The Medication Prescribing Curriculum was delivered to 13 out of possible 16 (81%) general surgery trainees in post-graduate year (PGY) one to four (Table 1). The breakdown of general surgery and off-service post-graduate trainees on a general surgery service per month in shown in Table 2. There were no significant differences in the number of general surgery and off-service trainees on a general surgery service each month pre and post-curriculum implementation (Table 2).
Pre-Curriculum Implementation (Baseline) Data:
There were a total 1050 medication prescribing errors made over 12 months between July 1, 2018 to June 31, 2019 with 615 (59%) prescription-writing errors and 435 (41%) decision-making errors (Table 3). The mean number of errors per month was 87.5 (14.6), with significantly more PW compared to errors as DM errors per month (51.3 (11.9) vs 36.3 (6.0); p=0.001).
The most common PW errors were ‘Omission of frequency/not specifying PRN orders’ with 12.7 (5.5) errors per month, followed by ‘Prescribing one tab/ 1 puff of a drug that is available in more than one strength’ with 11.6 (4.4) errors per month (Table 4). The most common DM errors were ‘Prescribing a dose not recommended for the formulation prescribed’ with 7.5 (2.3) errors per month followed by ‘pharmaceutical issues’ with 7.0 (2.8) errors per month, such as prescribing medication only available in intravenous (IV) formulation to be given orally. The highest number of medication errors per month was recorded in July (n = 116) and August (n = 106), while the lowest was recorded November (n = 66).
The mean number of errors per month for each quarter of the academic year were 107.3 (8.08) for Q1 (July to September), 83.3 (15.0) for Q2 (October to December), 77.7 (4.7) for Q3 (January to March), and 81.7 (7.1) for Q4 (April to June) (Figure 1). The mean number of errors per month was significantly higher in Q1 versus Q3 (p=0.02) and Q4 (p=0.04). The most common classes of medications involved in medication prescribing errors were “other”, “gastrointestinal”, “respiratory” and “narcotic” medications (Table 5).

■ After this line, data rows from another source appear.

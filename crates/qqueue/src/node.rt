//! The nodes, one for each item.

use crate::item::Item;

/// An item, and its links in a ring of nodes. A link is the key of a node.
#[derive(Clone, Copy, Debug)]
pub struct Node {
    /// The item.
    pub item: Item,
    /// The key of the node before it; the last node comes before the first.
    pub before: usize,
    /// The key of the node after it; the first node comes after the last.
    pub after: usize,
}
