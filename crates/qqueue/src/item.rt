//! Items: messages and pulses.

use qbase::ids::{ProcessNo, ReceiveId};
use qbase::priority::Priority;

/// The content of an item: a message, or one of the three kinds of pulse.
#[derive(Clone, Copy, Debug, PartialEq, Eq)]
pub enum What {
    /// A message; its bytes stay with the sender until it is received.
    Message,
    /// A pulse that a thread sent: a code from 0 to 127 and a value (`MsgSendPulse`).
    User { code: i8, value: i32 },
    /// A pulse of the kernel: the sender of this held message is to be unblocked.
    Unblock(ReceiveId),
    /// A pulse of the kernel: this process detached its last connection to the channel.
    Disconnect(ProcessNo),
}

impl What {
    ghost use Rattle.std.specs.Prelude.{◌≡◌};
    ghost use Rattle.qqueue.specs.Best.{is_pulse};

    /// Returns whether it is a pulse. A pulse never gets a reply.
    pub fn is_pulse(&self) -> bool
        ensures { result ≡ is_pulse self.now }
    {
        match self {
            What::Message => false,
            What::User { .. } | What::Unblock(_) | What::Disconnect(_) => true,
        }
    }
}

/// A message or a pulse that was sent and not yet received.
#[derive(Clone, Copy, Debug, PartialEq, Eq)]
pub struct Item {
    /// The number of the call that made it. An item that is made later has a greater number.
    pub number: u64,
    /// Its priority; the item of the greatest priority is received first.
    pub priority: Priority,
    /// Its content.
    pub what: What,
}

/// The items that a receive may take.
#[derive(Clone, Copy, Debug, PartialEq, Eq)]
pub enum Kind {
    /// Messages and pulses (`MsgReceive`).
    Any,
    /// Only pulses (`MsgReceivePulse`).
    PulseOnly,
}

impl Kind {
    ghost use Rattle.std.specs.Prelude.{◌≡◌};
    ghost use Rattle.qqueue.specs.Best.{may_take};

    /// Returns whether a receive of this kind may take the item.
    pub fn may_take(self, item: &Item) -> bool
        ensures { result ≡ may_take self item.now }
    {
        match self {
            Kind::Any => true,
            Kind::PulseOnly => item.what.is_pulse(),
        }
    }
}
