//! The queue of one channel: the messages and pulses that were sent to it and not yet received.
#![tactic(auto)]

pub mod item;
mod level_heads;
mod level_rings;
mod links;
mod node;
mod order;
pub mod queue;
pub mod queue_laws;
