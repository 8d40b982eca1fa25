//! Laws of the order of receipt. The functions do nothing: the contract of each is a law, proved for all
//! items and all lists of items.

ghost use Rattle.qqueue.specs.Order.{JustOneComesBefore, BeforeIsTransitive, NoneBeforeItself, BestIsFirst};
ghost use Rattle.qqueue.specs.Order.{NoBestIfNoneMayBeTaken};

/// The order of receipt is a total order of items with different numbers.
pub fn order_is_total()
    ensures one { JustOneComesBefore }
    ensures chained { BeforeIsTransitive }
    ensures strict { NoneBeforeItself }
{}

/// In a list of rising numbers, the best item may be taken and comes before all other items that may be
/// taken. There is no best item exactly if no item may be taken.
pub fn best_comes_first()
    ensures first { BestIsFirst }
    ensures none { NoBestIfNoneMayBeTaken }
{}
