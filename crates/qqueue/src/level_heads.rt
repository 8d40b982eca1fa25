//! The first nodes of the rings of one kind of items, with one ring for each level of priority.

ghost use Rattle.std.specs.Prelude.{◌≡◌, ◌≢◌, ◌≤◌, ℕ, None, Some, IfSome, IfNone, OnOk, OnErr};
ghost use Rattle.std.specs.Vec.{vec_len, vec_capacity};
ghost use Rattle.qqueue.specs.LevelHeads.{first_in, IsForemost};

use qbase::byte_set::ByteSet;
use std::alloc::{AllocError, Global};

/// The number of levels: the priorities from 1 to 255, and 0, which no item has.
const LEVELS: usize = 256;

/// The set of levels that have nodes, and the key of each level's first node. A key has a meaning only if its
/// level is in the set.
#[derive(Debug, Drop)]
pub struct LevelHeads {
    /// The levels that have a node.
    pub levels: ByteSet,
    /// The keys of the first nodes, by level. The list is empty until `make` is called.
    pub firsts: Vec<usize>,
}

impl LevelHeads {
    /// Makes a lane without nodes; takes no memory.
    pub fn new(alloc: Global) -> LevelHeads
        ensures none { (level : ℕ) → first_in result level ≡ None }
        ensures empty { vec_len result.firsts ≡ 0 }
        ensures capacity { vec_capacity result.firsts ≡ 0 }
    {
        LevelHeads {
            levels: ByteSet::new(),
            firsts: Vec::new(alloc),
        }
    }

    /// Makes room for the keys of all levels, if there is none yet; error if the allocator refuses.
    pub fn make(&mut self) -> Result<(), AllocError>
        requires { vec_len self.old.firsts ≤ 256 }
        ensures made { OnOk result (vec_len self.new.firsts ≡ 256) }
        ensures err { OnErr result (vec_len self.new.firsts ≡ vec_len self.old.firsts) }
        ensures kept { (level : ℕ) → first_in self.new level ≡ first_in self.old level }
    {
        self.firsts.resize(LEVELS, 0)
    }

    /// Returns the key of a level's first node; `None` if the level has no node.
    pub fn first(&self, level: u8) -> Option<usize>
        requires { vec_len self.now.firsts ≡ 256 }
        ensures { result ≡ first_in self.now level }
    {
        if self.levels.contains(level) {
            Some(self.firsts[level as usize])
        } else {
            None
        }
    }

    /// Sets the first node of a level.
    pub fn set(&mut self, level: u8, key: usize)
        requires { vec_len self.old.firsts ≡ 256 }
        ensures set { first_in self.new level ≡ Some key }
        ensures others { (other : ℕ) → other ≢ level → first_in self.new other ≡ first_in self.old other }
        ensures len { vec_len self.new.firsts ≡ vec_len self.old.firsts }
    {
        self.firsts[level as usize] = key;
        self.levels.insert(level);
    }

    /// Records that a level has no node.
    pub fn clear(&mut self, level: u8)
        ensures cleared { first_in self.new level ≡ None }
        ensures others { (other : ℕ) → other ≢ level → first_in self.new other ≡ first_in self.old other }
        ensures len { vec_len self.new.firsts ≡ vec_len self.old.firsts }
    {
        self.levels.remove(level);
    }

    /// Returns the greatest level that has a node, with the key of its first node; `None` if no level has
    /// one.
    pub fn foremost(&self) -> Option<(u8, usize)>
        requires { (level key : ℕ) → first_in self.now level ≡ Some key → vec_len self.now.firsts ≡ 256 }
        ensures some { IfSome result (λ found. IsForemost (first_in self.now) found) }
        ensures none { IfNone result ((level : ℕ) → first_in self.now level ≡ None) }
    {
        let level = self.levels.greatest()?;
        Some((level, self.firsts[level as usize]))
    }
}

Post-curriculum Implementation Data:
There were a total 472 medication prescribing errors made over 6 months between July 1, 2019 and December 31, 2019 with 212 (45%) DM and 260 (55%) PW errors (Table 3). The mean number of total errors per month was 78.7 (10.3), with no significant difference between PW and DM errors per month (43.3 (9.8) vs 35.3 (4.2); p=0.13).
The most common PW errors were ‘Omission of frequency/not specifying PRN orders (i.e. morphine 2 mg PRN instead of q4h prn)’, with 10.8 (6.2) errors per month, followed by ‘Prescribing one tab/ 1 puff of a drug that is available in more than one strength’ with 10.3 (5.1) errors per month. The most common DM errors were ‘Pharmaceutical issues’ with 10 (2.7) errors per month, and ‘Prescribing two drugs for the same indication when only one is necessary’ with 7.5 (4.1) errors per month. The highest number of medication errors per month was recorded in August (n = 92) and October (n = 87), while the lowest was recorded in July (n=68) and December (n = 68) (Table 3).
The mean number of errors per month for each Q1 and Q2 of the academic year were 77.7 (12.7) for Q1 and 79.7 (10.2) for Q2 with no significant difference between Q1 and Q2 (p=0.84) (Figure 1). The most common classes of medications involved in medication prescribing errors post-curriculum implementation were “gastrointestinal”, “respiratory” and “other (Table 5)”.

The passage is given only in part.